What this task involves
All lines from the opening of the data to the line containing "fn from(_memory: Memory)" must be returned unchanged, and only those lines.

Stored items

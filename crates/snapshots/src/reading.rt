//! A kept state from a snapshot, whatever that is.
ghost use Rattle.std.specs.Prelude.{◌≡◌, [], IfOk, IsErrOf, false};
ghost use Rattle.hac_model.specs.Payload.States.{restored};
ghost use Rattle.hac_model.specs.Tree.Valid.{IsValid};
ghost use Rattle.hac_model.specs.Tree.ValidTest.{is_valid};
ghost use Rattle.snapshots.specs.declared.reading.LoadFault.TheVariants as fault;

use crate::loading::load;
use crate::restoring::restored;
use hac_model::{Memory, Snapshot, State};
use kept_state::KeptState;
use state_check::is_valid;
use std::alloc::Global;

/// Why no state comes of a snapshot.
#[derive(Clone, Copy, Debug, PartialEq, Eq)]
pub enum LoadFault {
    /// It tells no state that there can be.
    Invalid,
    /// Memory ran out.
    Memory,
}

impl From<Memory> for LoadFault {
    ghost use Rattle.snapshots.specs.declared.reading.LoadFault.TheVariants as fault;

    ghost from_gives = { λ _ e. e ≡ fault.Memory };

    fn from(_memory: Memory) -> LoadFault {
        LoadFault::Memory
    }
}

/// The state that a snapshot tells, as a machine keeps it. The snapshot may be any, as one that was
/// read from a file: a state that isn't valid isn't kept. The texts are moved, not copied.
pub fn read(alloc: Global, snapshot: Snapshot) -> Result<KeptState, LoadFault>
    ensures kept { IfOk result (λ kept. kept ≡ record
        { state = restored snapshot; ready = [] }) }
    ensures valid { IfOk result (λ kept. IsValid kept.state) }
    ensures invalid { IsErrOf result fault.Invalid → is_valid (restored snapshot) ≡ false }
{
    let state = restored(alloc, snapshot)?;
    match is_valid(alloc, &state) {
        Ok(true) => Ok(load(alloc, state)?),
        Ok(false) => {
            drop(state);
            Err(LoadFault::Invalid)
        }
        Err(memory) => {
            drop(state);
            Err(memory.into())
        }
    }
}
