impl Partition {
    // The rows in the classes of a guess, and all dirty.
    fn new(alloc: Global, guess: Numbering) -> Result<Partition, NoMemory>
        requires { length guess.of.items ≤ 65536 }
        ensures of { IfOk result (λ p. p.of.items ≡ guess.of.items) }
        ensures dirty { IfOk result (λ p. p.dirty.items ≡ replicate (length guess.of.items) true) }
        ensures known { IfOk result (λ p. length p.known.items ≡ guess.count) }
        ensures clean { IfOk result (λ p. p.clean.items ≡ replicate guess.count 0) }
        ensures todo { IfOk result (λ p. p.todo.items ≡ numbers_from 0 (length guess.of.items)) }
    {
        let Numbering { of, count } = guess;
        let dirty = vec![in alloc; true; of.len()]?;
        let mut todo = Vec::with_capacity(alloc, of.len())?;
        for row in 0..of.len() {
            todo.push(row as u16)?;
        }
        Ok(Partition {
            of,
            known: vec![in alloc; [0; 16]; count]?,
            clean: vec![in alloc; 0u32; count]?,
            dirty,
            todo,
            leads: Vec::new(alloc),
        })
    }

    // Sends the dirty rows to their classes, which makes others dirty: one round of refinement. `members` has the rows of
    // each class, and `before` the rows before each row.
    fn refine(
        &mut self,
        alloc: Global,
        rows: &[Row],
        before: &Predecessors,
        members: &mut Members,
    ) -> Result<(), NoMemory>
        requires machine { (d : ℕ) × IsMachine d rows.now }
        requires before { ArePredecessors rows.now before.now }
        requires refining { IsRefining rows.now self.old }
        requires queued { IsQueued self.old self.old.todo.items }
        requires members { IsMembers members.old }
        requires member_count { length members.old.of.items ≡ length rows.now }
        ensures refining { OnOk result (IsRefining rows.now self.new) }
        ensures queued { OnOk result (IsQueued self.new self.new.todo.items) }
        ensures progress { OnOk result (Progress self.old self.new) }
        ensures members { OnOk result (IsMembers members.new) }
        ensures member_count { OnOk result (length members.new.of.items ≡ length rows.now) }
    {
        self.mark_most(members)?;
        let todo = mem::replace(&mut self.todo, Vec::new(alloc));
        let moved = self.settle(alloc, rows, &todo)?;
        members.follow(&self.of, &moved);
        self.mark_before_each(before, &moved)?;
        Ok(())
    }

    // Takes all rows of a class for dirty where most of them are. Clean rows keep the number of their class, so without
    // this most rows of a class might come to another one. Now no row comes to a class of more than half the size of
    // the one that it had.
    fn mark_most(&mut self, members: &Members) -> Result<(), NoMemory>
        requires members { IsMembers members.now }
        requires count { length members.now.of.items ≡ length self.old.of.items }
        requires tallied { IsTallied self.old }
        requires used { IsUsed self.old }
        requires queued { IsQueued self.old self.old.todo.items }
        ensures { OnOk result (IsWider self.old self.new) }
    {
        for i in 0..self.todo.len() {
            let row = self.todo[i];
            let class = self.of[row as usize];
            let clean = self.clean[class as usize];
            let count = members.size(class);
            if clean > 0 && 2 * clean < count {
                self.mark_class(members, row, count)?;
            }
        }
        Ok(())
    }

    // Takes all rows of a class, which are so many, for dirty.
    fn mark_class(&mut self, members: &Members, row: u16, count: u32) -> Result<(), NoMemory>
        requires members { IsMembers members.now }
        requires count { length members.now.of.items ≡ length self.old.of.items }
        requires row { row < length self.old.of.items }
        requires tallied { IsTallied self.old }
        requires queued { IsQueued self.old self.old.todo.items }
        ensures { OnOk result (IsWider self.old self.new) }
    {
        let mut member = row;
        for _ in 0..count {
            self.mark(member)?;
            member = members.next(member);
        }
        Ok(())
    }

    // Sends these rows, which are all that are dirty, to their classes, and gives those that came to another class. What
    // they put out and where they lead is read before the first of them goes.
    fn settle(&mut self, alloc: Global, rows: &[Row], todo: &[u16]) -> Result<Vec<u16>, NoMemory>
        requires rows { All (λ r. IsRow (length r.perm) (length self.old.of.items) r) rows.now }
        requires refining { IsRefining rows.now self.old }
        requires queued { IsQueued self.old todo.now }
        requires todo { self.old.todo.items ≡ [] }
        ensures { IfOk result (λ moved. IsSettled rows.now self.old.of.items (length self.old.known.items) self.new moved.items) }
    {
        let work = with_signatures(alloc, rows, &self.of, todo)?;
        self.elect(&work)?;
        let mut seen = KeyTable::new(alloc, work.len())?;
        let mut moved = Vec::new(alloc);
        for item in &work {
            if self.place(&mut seen, item)? {
                moved.push(item.row)?;
            }
        }
        Ok(moved)
    }

    // Takes for the signature of each class that has no clean row, and a row among these, that of one of them: the one that
    // more than half of them have, if there is one, by the majority vote of Boyer and Moore. So such a class leaves its
    // number to most of its rows; this is for speed alone. Only the classes of these rows are looked at, as there may be as
    // many rounds as classes.
    fn elect(&mut self, work: &[Signed]) -> Result<(), NoMemory>
        requires classes { All (λ w. w.class < length self.old.known.items) work.now }
        requires as_many { length self.old.clean.items ≡ length self.old.known.items }
        ensures { OnOk result (IsElected self.old self.new work.now) }
    {
        if self.have_clean(work) {
            return Ok(());
        }
        self.leads.resize(self.known.len(), 0)?;
        clear(&mut self.leads, work);
        for item in work {
            self.vote(item);
        }
        Ok(())
    }

    // Whether each class of these rows has a clean row.
    fn have_clean(&self, work: &[Signed]) -> bool
        requires classes { All (λ w. w.class < length self.now.known.items) work.now }
        requires as_many { length self.now.clean.items ≡ length self.now.known.items }
        ensures { result ≡ true → (k : ℕ) → k < length work.now → 0 < clean_at self.now (work_at work.now k).class }
    {
        for item in work {
            if self.clean[item.class as usize] == 0 {
                return false;
            }
        }
        true
    }

    // Counts a row for or against the signature of its class.
    fn vote(&mut self, item: &Signed)
        requires class { item.now.class < length self.old.known.items }
        requires as_many { length self.old.clean.items ≡ length self.old.known.items }
        requires leads { length self.old.leads.items ≡ length self.old.known.items }
        ensures { IsVoted self.old self.new item.now.class item.now.signature }
    {
        let class = item.class as usize;
        if self.clean[class] > 0 {
            return;
        }
        if self.known[class] == item.signature {
            self.leads[class] = self.leads[class].saturating_add(1);
        } else if self.leads[class] > 0 {
            self.leads[class] -= 1;
        } else {
            self.known[class] = item.signature;
            self.leads[class] = 1;
        }
    }

    // Sends a row to its class if it is dirty, and tells whether that is another one than before.
    fn place(&mut self, seen: &mut KeyTable, item: &Signed) -> Result<bool, NoMemory>
        requires row { item.now.row < length self.old.of.items }
        requires tallied { IsTallied self.old }
        requires other { known_at self.old (class_in self.old item.now.row) ≢ item.now.signature → length self.old.known.items < 65536 }
        requires seen { IsSeen self.old seen.old }
        ensures { IfOk result (λ moves. IsPlaced self.old self.new seen.old seen.new item.now.row item.now.signature moves) }
    {
        let row = item.row as usize;
        if !self.dirty[row] {
            return Ok(false);
        }
        let class = self.of[row];
        let target = self.target(seen, class, &item.signature)?;
        self.of[row] = target;
        self.dirty[row] = false;
        self.clean[target as usize] += 1;
        Ok(target != class)
    }

    // The class to which a row of this class with this signature goes: its own, if that is the signature of the class, else
    // another, which is the same for each row with both.
    fn target(
        &mut self,
        seen: &mut KeyTable,
        class: u16,
        signature: &Signature,
    ) -> Result<u16, NoMemory>
        requires class { class < length self.old.known.items }
        requires as_many { length self.old.clean.items ≡ length self.old.known.items }
        requires room { known_at self.old class ≢ signature.now → length self.old.known.items < 65536 }
        requires table { IsKeyTable seen.old }
        ensures { IfOk result (λ m. IsTarget self.old self.new seen.old seen.new class signature.now m) }
    {
        if self.known[class as usize] == *signature {
            return Ok(class);
        }
        let key = key_of(class, signature);
        if let Some(number) = seen.number_of(&key) {
            return Ok(number);
        }
        let number = self.known.len() as u16;
        seen.enter(&key, number)?;
        self.known.push(*signature)?;
        self.clean.push(0)?;
        Ok(number)
    }

    // Takes the rows before these for dirty.
    fn mark_before_each(&mut self, before: &Predecessors, moved: &[u16]) -> Result<(), NoMemory>
        requires links { AreLinks before.now }
        requires before { All (λ ps. All (λ p. p < length self.old.of.items) ps) (lists_of before.now) }
        requires moved { All (λ s. s < length before.now.latest.items) moved.now }
        requires tallied { IsTallied self.old }
        requires queued { IsQueued self.old self.old.todo.items }
        ensures { OnOk result (IsSpreadOver self.old self.new (lists_of before.now) moved.now) }
    {
        for row in moved {
            self.mark_before(before, *row)?;
        }
        Ok(())
    }

    // Takes the rows before a row for dirty.
    fn mark_before(&mut self, before: &Predecessors, row: u16) -> Result<(), NoMemory>
        requires links { AreLinks before.now }
        requires row { row < length before.now.latest.items }
        requires inside { All (λ s. s < length self.old.of.items) (slice_index_or (lists_of before.now) row []) }
        requires tallied { IsTallied self.old }
        requires queued { IsQueued self.old self.old.todo.items }
        ensures { OnOk result (IsSpread self.old self.new (slice_index_or (lists_of before.now) row [])) }
    {
        let mut number = before.latest(row);
        while number > 0 {
            let link = before.link(number);
            self.mark(link.row)?;
            number = link.earlier;
        }
        Ok(())
    }

    // Takes a row for dirty.
    fn mark(&mut self, row: u16) -> Result<(), NoMemory>
        requires row { row < length self.old.of.items }
        requires tallied { IsTallied self.old }
        requires queued { IsQueued self.old self.old.todo.items }
        ensures { OnOk result (IsMarked self.old self.new row) }
    {
        let s = row as usize;
        if self.dirty[s] {
            return Ok(());
        }
        self.dirty[s] = true;
        self.clean[self.of[s] as usize] -= 1;
        self.todo.push(row)?;
        Ok(())
    }
}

Solution to the exercise
filename crates/snapshots/src/reading.rt
//! A kept state from a snapshot, whatever that is.
ghost use Rattle.std.specs.Prelude.{◌≡◌, [], IfOk, IsErrOf, false};
ghost use Rattle.hac_model.specs.Payload.States.{restored};
ghost use Rattle.hac_model.specs.Tree.Valid.{IsValid};
ghost use Rattle.hac_model.specs.Tree.ValidTest.{is_valid};
ghost use Rattle.snapshots.specs.declared.reading.LoadFault.TheVariants as fault;

use crate::loading::load;
use crate::restoring::restored;
use hac_model::{Memory, Snapshot, State};
use kept_state::KeptState;
use state_check::is_valid;
use std::alloc::Global;

/// Why no state comes of a snapshot.
#[derive(Clone, Copy, Debug, PartialEq, Eq)]
pub enum LoadFault {
    /// It tells no state that there can be.
    Invalid,
    /// Memory ran out.
    Memory,
}

impl From<Memory> for LoadFault {
    ghost use Rattle.snapshots.specs.declared.reading.LoadFault.TheVariants as fault;

    ghost from_gives = { λ _ e. e ≡ fault.Memory };

    fn from(_memory: Memory) -> LoadFault {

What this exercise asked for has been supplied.